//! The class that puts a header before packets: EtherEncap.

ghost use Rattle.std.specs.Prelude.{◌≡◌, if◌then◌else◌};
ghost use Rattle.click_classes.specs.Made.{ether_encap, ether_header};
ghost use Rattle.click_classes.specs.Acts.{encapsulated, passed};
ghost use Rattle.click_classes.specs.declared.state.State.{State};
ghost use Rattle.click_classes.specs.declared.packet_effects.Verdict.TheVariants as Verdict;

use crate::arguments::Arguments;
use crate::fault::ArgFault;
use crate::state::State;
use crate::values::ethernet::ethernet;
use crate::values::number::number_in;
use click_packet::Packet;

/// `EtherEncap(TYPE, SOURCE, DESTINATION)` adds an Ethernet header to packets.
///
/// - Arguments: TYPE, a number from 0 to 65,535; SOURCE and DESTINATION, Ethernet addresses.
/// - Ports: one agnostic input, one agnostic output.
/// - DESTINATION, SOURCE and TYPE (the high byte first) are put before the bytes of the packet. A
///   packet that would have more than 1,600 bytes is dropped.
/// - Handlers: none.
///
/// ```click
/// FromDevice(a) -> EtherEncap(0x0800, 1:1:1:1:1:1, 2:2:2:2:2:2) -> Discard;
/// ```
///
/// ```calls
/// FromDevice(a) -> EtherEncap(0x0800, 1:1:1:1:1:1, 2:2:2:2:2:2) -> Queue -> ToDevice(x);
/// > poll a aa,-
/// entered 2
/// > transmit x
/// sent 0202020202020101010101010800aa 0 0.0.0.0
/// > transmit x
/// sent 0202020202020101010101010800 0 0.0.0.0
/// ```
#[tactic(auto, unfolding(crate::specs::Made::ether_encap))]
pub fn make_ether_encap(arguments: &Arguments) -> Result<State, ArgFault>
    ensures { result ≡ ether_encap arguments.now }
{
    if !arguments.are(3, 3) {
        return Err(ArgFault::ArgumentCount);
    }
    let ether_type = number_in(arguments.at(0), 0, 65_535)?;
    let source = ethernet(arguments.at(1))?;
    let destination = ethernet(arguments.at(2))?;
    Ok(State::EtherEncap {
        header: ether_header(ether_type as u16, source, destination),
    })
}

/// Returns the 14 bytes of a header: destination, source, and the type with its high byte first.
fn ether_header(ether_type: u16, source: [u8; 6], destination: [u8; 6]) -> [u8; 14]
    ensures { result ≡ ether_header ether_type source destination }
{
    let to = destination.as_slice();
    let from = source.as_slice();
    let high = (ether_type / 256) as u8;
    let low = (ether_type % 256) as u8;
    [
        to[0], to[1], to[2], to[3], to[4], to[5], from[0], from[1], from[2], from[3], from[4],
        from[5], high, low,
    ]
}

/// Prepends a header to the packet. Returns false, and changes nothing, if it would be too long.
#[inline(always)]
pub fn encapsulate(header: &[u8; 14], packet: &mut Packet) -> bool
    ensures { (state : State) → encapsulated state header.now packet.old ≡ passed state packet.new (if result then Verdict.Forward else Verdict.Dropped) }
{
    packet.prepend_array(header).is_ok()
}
▬▬▬▬▬▬▬▬▬▬
◆ BRIEF
Output the entire listing above exactly, keeping each line as it is.

◆ ANSWER AREA
//! The class that puts a header before packets: EtherEncap.

ghost use Rattle.std.specs.Prelude.{◌≡◌, if◌then◌else◌};
ghost use Rattle.click_classes.specs.Made.{ether_encap, ether_header};
ghost use Rattle.click_classes.specs.Acts.{encapsulated, passed};
ghost use Rattle.click_classes.specs.declared.state.State.{State};
ghost use Rattle.click_classes.specs.declared.packet_effects.Verdict.TheVariants as Verdict;

use crate::arguments::Arguments;
use crate::fault::ArgFault;
use crate::state::State;
use crate::values::ethernet::ethernet;
use crate::values::number::number_in;
use click_packet::Packet;

/// `EtherEncap(TYPE, SOURCE, DESTINATION)` adds an Ethernet header to packets.
///
/// - Arguments: TYPE, a number from 0 to 65,535; SOURCE and DESTINATION, Ethernet addresses.
/// - Ports: one agnostic input, one agnostic output.
/// - DESTINATION, SOURCE and TYPE (the high byte first) are put before the bytes of the packet. A
///   packet that would have more than 1,600 bytes is dropped.
/// - Handlers: none.
///
/// ```click
/// FromDevice(a) -> EtherEncap(0x0800, 1:1:1:1:1:1, 2:2:2:2:2:2) -> Discard;
/// ```
///
/// ```calls
/// FromDevice(a) -> EtherEncap(0x0800, 1:1:1:1:1:1, 2:2:2:2:2:2) -> Queue -> ToDevice(x);
/// > poll a aa,-
/// entered 2
/// > transmit x
/// sent 0202020202020101010101010800aa 0 0.0.0.0
/// > transmit x
/// sent 0202020202020101010101010800 0 0.0.0.0
/// ```
#[tactic(auto, unfolding(crate::specs::Made::ether_encap))]
pub fn make_ether_encap(arguments: &Arguments) -> Result<State, ArgFault>
    ensures { result ≡ ether_encap arguments.now }
{
    if !arguments.are(3, 3) {
        return Err(ArgFault::ArgumentCount);
    }
    let ether_type = number_in(arguments.at(0), 0, 65_535)?;
    let source = ethernet(arguments.at(1))?;
    let destination = ethernet(arguments.at(2))?;
    Ok(State::EtherEncap {
        header: ether_header(ether_type as u16, source, destination),
    })
}

/// Returns the 14 bytes of a header: destination, source, and the type with its high byte first.
fn ether_header(ether_type: u16, source: [u8; 6], destination: [u8; 6]) -> [u8; 14]
    ensures { result ≡ ether_header ether_type source destination }
{
    let to = destination.as_slice();
    let from = source.as_slice();
    let high = (ether_type / 256) as u8;
    let low = (ether_type % 256) as u8;
    [
        to[0], to[1], to[2], to[3], to[4], to[5], from[0], from[1], from[2], from[3], from[4],
        from[5], high, low,
    ]
}

/// Prepends a header to the packet. Returns false, and changes nothing, if it would be too long.
#[inline(always)]
pub fn encapsulate(header: &[u8; 14], packet: &mut Packet) -> bool
    ensures { (state : State) → encapsulated state header.now packet.old ≡ passed state packet.new (if result then Verdict.Forward else Verdict.Dropped) }
{
    packet.prepend_array(header).is_ok()
}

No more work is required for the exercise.